**DESCRIPTION OF THE TASK**. Each line below should be written out exactly, with none skipped.

[RECORDS SHOWN Boundary: Start]

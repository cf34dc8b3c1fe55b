//! Terms and ranges of texts of queries. The expected bytes are worked out by hand: of a term the field's number with its highest byte first, the
//! letter of the type and the value, of a signed number with its highest bit turned.

use std::alloc::Global;
use std::test::Fail;
use tv_blocks::status::error_answer;
use tv_blocks::{
    Answer, BlockError, QueryRefusal, ValueRefusal, ranges_of_text, read_schema, terms_of_text,
};
use tv_schema::Schema;

const SCHEMA: &[u8] = br#"[{"name":"s","type":"text","options":{}},
{"name":"u","type":"u64","options":{"indexed":true,"stored":true}},
{"name":"f","type":"facet","options":{"stored":true}},
{"name":"y","type":"bytes","options":{"indexed":true,"fast":false,"stored":true}},
{"name":"j","type":"json_object","options":{"stored":true,"fast":false,"indexing":{}}}]"#;

// Where nothing was written.
const KEPT: u8 = 0xa5;

// The term of 258 in field 1, after its length.
const NUMBER: &[u8] = b"\x0d\0\0\0\0\0\0\0\0\0\0\x01u\0\0\0\0\0\0\x01\x02";

// Those of 7 below `j.a.b`: of the text, and of the number.
const BELOW: &[u8] =
    b"\x0b\0\0\0\0\0\0\0\0\0\0\x04ja\x01b\0s7\x12\0\0\0\0\0\0\0\0\0\0\x04ja\x01b\0i\x80\0\0\0\0\0\0\x07";

// From 10 on and below 20 in field 1, after the lengths of both.
const RANGE: &[u8] =
    b"\x0d\0\0\0\0\0\0\0\x0d\0\0\0\0\0\0\0\0\0\0\x01u\0\0\0\0\0\0\0\x0a\0\0\0\x01u\0\0\0\0\0\0\0\x14";

// The same of numbers and of texts below `j.a`.
const RANGES: &[u8] =
    b"\x10\0\0\0\0\0\0\0\x10\0\0\0\0\0\0\0\0\0\0\x04ja\0i\x80\0\0\0\0\0\0\x0a\0\0\0\x04ja\0i\x80\0\0\0\0\0\0\x14\
\x0a\0\0\0\0\0\0\0\x0a\0\0\0\0\0\0\0\0\0\0\x04ja\0s10\0\0\0\x04ja\0s20";

// Paths and texts that have no terms, and why.
const REFUSED: [(&[u8], &[u8], QueryRefusal); 6] = [
    (b"s", b"x", QueryRefusal::NotIndexed { field: 0 }),
    (b"j", b"x", QueryRefusal::PathEnds { field: 4 }),
    (b"j.a\0", b"x", QueryRefusal::NulInPath { field: 4 }),
    (
        b"u",
        b"x",
        QueryRefusal::BadText {
            field: 1,
            refusal: ValueRefusal::WrongType,
        },
    ),
    (
        b"f",
        b"x",
        QueryRefusal::BadText {
            field: 2,
            refusal: ValueRefusal::BadText,
        },
    ),
    (
        b"y",
        b"!",
        QueryRefusal::BadText {
            field: 3,
            refusal: ValueRefusal::BadBase64,
        },
    ),
];

// Whether texts have these terms.
fn have_terms(alloc: Global, schema: &Schema) -> bool {
    let mut terms = [KEPT; 48];
    terms_of_text(alloc, schema, b"u", b"258", &mut terms) == Ok(21)
        && terms.starts_with(NUMBER)
        && terms.ends_with(&[KEPT; 27])
        && terms_of_text(alloc, schema, b"j.a.b", b"7", &mut terms) == Ok(45)
        && terms.starts_with(BELOW)
}

// Whether no term is written where there is too little room for it.
fn is_term_refused(alloc: Global, schema: &Schema) -> bool {
    let mut short = [KEPT; 20];
    let needed = BlockError::TooSmall {
        bytes: 21,
        lines: 0,
    };
    terms_of_text(alloc, schema, b"u", b"258", &mut short) == Err(needed) && short == [KEPT; 20]
}

#[test]
fn texts_have_terms(rt: HostRuntime) -> Result<(), Fail> {
    let alloc = rt.alloc();
    let schema = read_schema(alloc, SCHEMA).expect(&rt, "a schema");
    assert!(rt; have_terms(alloc, &schema) && is_term_refused(alloc, &schema));
    Ok(())
}

// Whether texts bound these ranges.
fn bound_ranges(alloc: Global, schema: &Schema) -> bool {
    let mut ranges = [KEPT; 96];
    ranges_of_text(alloc, schema, b"u", b"[10 TO 20}", &mut ranges) == Ok(42)
        && ranges.starts_with(RANGE)
        && ranges.ends_with(&[KEPT; 54])
        && ranges_of_text(alloc, schema, b"j.a", b"[10 TO 20}", &mut ranges) == Ok(84)
        && ranges.starts_with(RANGES)
}

// Whether no range is written where there is too little room for it.
fn is_range_refused(alloc: Global, schema: &Schema) -> bool {
    let mut short = [KEPT; 41];
    let needed = BlockError::TooSmall {
        bytes: 42,
        lines: 0,
    };
    ranges_of_text(alloc, schema, b"u", b"[10 TO 20}", &mut short) == Err(needed)
        && short == [KEPT; 41]
}

#[test]
fn texts_bound_ranges(rt: HostRuntime) -> Result<(), Fail> {
    let alloc = rt.alloc();
    let schema = read_schema(alloc, SCHEMA).expect(&rt, "a schema");
    assert!(rt; bound_ranges(alloc, &schema) && is_range_refused(alloc, &schema));
    Ok(())
}

// Whether a text has no terms, for this reason.
fn has_no_terms(
    alloc: Global,
    schema: &Schema,
    path: &[u8],
    text: &[u8],
    error: BlockError,
) -> bool {
    let mut none = [KEPT; 64];
    terms_of_text(alloc, schema, path, text, &mut none) == Err(error) && none == [KEPT; 64]
}

// Whether a text bounds no ranges, for this reason.
fn has_no_ranges(
    alloc: Global,
    schema: &Schema,
    path: &[u8],
    text: &[u8],
    error: BlockError,
) -> bool {
    let mut none = [KEPT; 64];
    ranges_of_text(alloc, schema, path, text, &mut none) == Err(error) && none == [KEPT; 64]
}

#[test]
fn texts_are_refused(rt: HostRuntime) -> Result<(), Fail> {
    let alloc = rt.alloc();
    let schema = read_schema(alloc, SCHEMA).expect(&rt, "a schema");
    for (path, text, why) in REFUSED {
        assert!(rt; has_no_terms(alloc, &schema, path, text, BlockError::BadQuery(why)));
    }
    let no_range = BlockError::BadQuery(QueryRefusal::NoRange);
    let backwards = BlockError::BadQuery(QueryRefusal::Backwards { field: 1 });
    assert!(rt;
        has_no_ranges(alloc, &schema, b"none", b"10", no_range)
            && has_no_ranges(alloc, &schema, b"u", b"[20 TO 10]", backwards)
            && has_no_terms(alloc, &schema, b"none", b"10", BlockError::NoField)
            && has_no_ranges(alloc, &schema, b"\xff", b"*", BlockError::NotUtf8)
            && has_no_terms(alloc, &schema, b"none", b"\xff", BlockError::NotUtf8)
    );
    Ok(())
}

#[test]
fn refusals_of_queries_are_numbers(rt: HostRuntime) -> Result<(), Fail> {
    let rows = [
        (QueryRefusal::NotIndexed { field: 7 }, 1, 7),
        (QueryRefusal::PathEnds { field: 7 }, 2, 7),
        (QueryRefusal::NulInPath { field: 7 }, 3, 7),
        (QueryRefusal::NoRange, 4, 0),
        (QueryRefusal::Backwards { field: 7 }, 5, 7),
        (
            QueryRefusal::BadText {
                field: 7,
                refusal: ValueRefusal::FloatNumber,
            },
            16,
            7,
        ),
    ];
    for (why, detail, place) in rows {
        let told = Answer {
            status: 13,
            detail,
            place,
            bytes: 0,
            lines: 0,
        };
        assert!(rt; error_answer(BlockError::BadQuery(why)) == told);
    }
    Ok(())
}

[RECORDS SHOWN Boundary: End]

**YOUR SOLUTION**.
repository cf34dc8b3c1fe55b
//! Terms and ranges of texts of queries. The expected bytes are worked out by hand: of a term the field's number with its highest byte first, the
//! letter of the type and the value, of a signed number with its highest bit turned.

use std::alloc::Global;
use std::test::Fail;
use tv_blocks::status::error_answer;
use tv_blocks::{
    Answer, BlockError, QueryRefusal, ValueRefusal, ranges_of_text, read_schema, terms_of_text,
};
use tv_schema::Schema;

const SCHEMA: &[u8] = br#"[{"name":"s","type":"text","options":{}},
{"name":"u","type":"u64","options":{"indexed":true,"stored":true}},
{"name":"f","type":"facet","options":{"stored":true}},
{"name":"y","type":"bytes","options":{"indexed":true,"fast":false,"stored":true}},
{"name":"j","type":"json_object","options":{"stored":true,"fast":false,"indexing":{}}}]"#;

// Where nothing was written.
const KEPT: u8 = 0xa5;

// The term of 258 in field 1, after its length.
const NUMBER: &[u8] = b"\x0d\0\0\0\0\0\0\0\0\0\0\x01u\0\0\0\0\0\0\x01\x02";

// Those of 7 below `j.a.b`: of the text, and of the number.
const BELOW: &[u8] =
    b"\x0b\0\0\0\0\0\0\0\0\0\0\x04ja\x01b\0s7\x12\0\0\0\0\0\0\0\0\0\0\x04ja\x01b\0i\x80\0\0\0\0\0\0\x07";

// From 10 on and below 20 in field 1, after the lengths of both.
const RANGE: &[u8] =
    b"\x0d\0\0\0\0\0\0\0\x0d\0\0\0\0\0\0\0\0\0\0\x01u\0\0\0\0\0\0\0\x0a\0\0\0\x01u\0\0\0\0\0\0\0\x14";

// The same of numbers and of texts below `j.a`.
const RANGES: &[u8] =
    b"\x10\0\0\0\0\0\0\0\x10\0\0\0\0\0\0\0\0\0\0\x04ja\0i\x80\0\0\0\0\0\0\x0a\0\0\0\x04ja\0i\x80\0\0\0\0\0\0\x14\
\x0a\0\0\0\0\0\0\0\x0a\0\0\0\0\0\0\0\0\0\0\x04ja\0s10\0\0\0\x04ja\0s20";

// Paths and texts that have no terms, and why.
const REFUSED: [(&[u8], &[u8], QueryRefusal); 6] = [
    (b"s", b"x", QueryRefusal::NotIndexed { field: 0 }),
    (b"j", b"x", QueryRefusal::PathEnds { field: 4 }),
    (b"j.a\0", b"x", QueryRefusal::NulInPath { field: 4 }),
    (
        b"u",
        b"x",
        QueryRefusal::BadText {
            field: 1,
            refusal: ValueRefusal::WrongType,
        },
    ),
    (
        b"f",
        b"x",
        QueryRefusal::BadText {
            field: 2,
            refusal: ValueRefusal::BadText,
        },
    ),
    (
        b"y",
        b"!",
        QueryRefusal::BadText {
            field: 3,
            refusal: ValueRefusal::BadBase64,
        },
    ),
];

// Whether texts have these terms.
fn have_terms(alloc: Global, schema: &Schema) -> bool {
    let mut terms = [KEPT; 48];
    terms_of_text(alloc, schema, b"u", b"258", &mut terms) == Ok(21)
        && terms.starts_with(NUMBER)
        && terms.ends_with(&[KEPT; 27])
        && terms_of_text(alloc, schema, b"j.a.b", b"7", &mut terms) == Ok(45)
        && terms.starts_with(BELOW)
}

// Whether no term is written where there is too little room for it.
fn is_term_refused(alloc: Global, schema: &Schema) -> bool {
    let mut short = [KEPT; 20];
    let needed = BlockError::TooSmall {
        bytes: 21,
        lines: 0,
    };
    terms_of_text(alloc, schema, b"u", b"258", &mut short) == Err(needed) && short == [KEPT; 20]
}

#[test]
fn texts_have_terms(rt: HostRuntime) -> Result<(), Fail> {
    let alloc = rt.alloc();
    let schema = read_schema(alloc, SCHEMA).expect(&rt, "a schema");
    assert!(rt; have_terms(alloc, &schema) && is_term_refused(alloc, &schema));
    Ok(())
}

// Whether texts bound these ranges.
fn bound_ranges(alloc: Global, schema: &Schema) -> bool {
    let mut ranges = [KEPT; 96];
    ranges_of_text(alloc, schema, b"u", b"[10 TO 20}", &mut ranges) == Ok(42)
        && ranges.starts_with(RANGE)
        && ranges.ends_with(&[KEPT; 54])
        && ranges_of_text(alloc, schema, b"j.a", b"[10 TO 20}", &mut ranges) == Ok(84)
        && ranges.starts_with(RANGES)
}

// Whether no range is written where there is too little room for it.
fn is_range_refused(alloc: Global, schema: &Schema) -> bool {
    let mut short = [KEPT; 41];
    let needed = BlockError::TooSmall {
        bytes: 42,
        lines: 0,
    };
    ranges_of_text(alloc, schema, b"u", b"[10 TO 20}", &mut short) == Err(needed)
        && short == [KEPT; 41]
}

#[test]
fn texts_bound_ranges(rt: HostRuntime) -> Result<(), Fail> {
    let alloc = rt.alloc();
    let schema = read_schema(alloc, SCHEMA).expect(&rt, "a schema");
    assert!(rt; bound_ranges(alloc, &schema) && is_range_refused(alloc, &schema));
    Ok(())
}

// Whether a text has no terms, for this reason.
fn has_no_terms(
    alloc: Global,
    schema: &Schema,
    path: &[u8],
    text: &[u8],
    error: BlockError,
) -> bool {
    let mut none = [KEPT; 64];
    terms_of_text(alloc, schema, path, text, &mut none) == Err(error) && none == [KEPT; 64]
}

// Whether a text bounds no ranges, for this reason.
fn has_no_ranges(
    alloc: Global,
    schema: &Schema,
    path: &[u8],
    text: &[u8],
    error: BlockError,
) -> bool {
    let mut none = [KEPT; 64];
    ranges_of_text(alloc, schema, path, text, &mut none) == Err(error) && none == [KEPT; 64]
}

#[test]
fn texts_are_refused(rt: HostRuntime) -> Result<(), Fail> {
    let alloc = rt.alloc();
    let schema = read_schema(alloc, SCHEMA).expect(&rt, "a schema");
    for (path, text, why) in REFUSED {
        assert!(rt; has_no_terms(alloc, &schema, path, text, BlockError::BadQuery(why)));
    }
    let no_range = BlockError::BadQuery(QueryRefusal::NoRange);
    let backwards = BlockError::BadQuery(QueryRefusal::Backwards { field: 1 });
    assert!(rt;
        has_no_ranges(alloc, &schema, b"none", b"10", no_range)
            && has_no_ranges(alloc, &schema, b"u", b"[20 TO 10]", backwards)
            && has_no_terms(alloc, &schema, b"none", b"10", BlockError::NoField)
            && has_no_ranges(alloc, &schema, b"\xff", b"*", BlockError::NotUtf8)
            && has_no_terms(alloc, &schema, b"none", b"\xff", BlockError::NotUtf8)
    );
    Ok(())
}

#[test]
fn refusals_of_queries_are_numbers(rt: HostRuntime) -> Result<(), Fail> {
    let rows = [
        (QueryRefusal::NotIndexed { field: 7 }, 1, 7),
        (QueryRefusal::PathEnds { field: 7 }, 2, 7),
        (QueryRefusal::NulInPath { field: 7 }, 3, 7),
        (QueryRefusal::NoRange, 4, 0),
        (QueryRefusal::Backwards { field: 7 }, 5, 7),
        (
            QueryRefusal::BadText {
                field: 7,
                refusal: ValueRefusal::FloatNumber,
            },
            16,
            7,
        ),
    ];
    for (why, detail, place) in rows {
        let told = Answer {
            status: 13,
            detail,
            place,
            bytes: 0,
            lines: 0,
        };
        assert!(rt; error_answer(BlockError::BadQuery(why)) == told);
    }
    Ok(())
}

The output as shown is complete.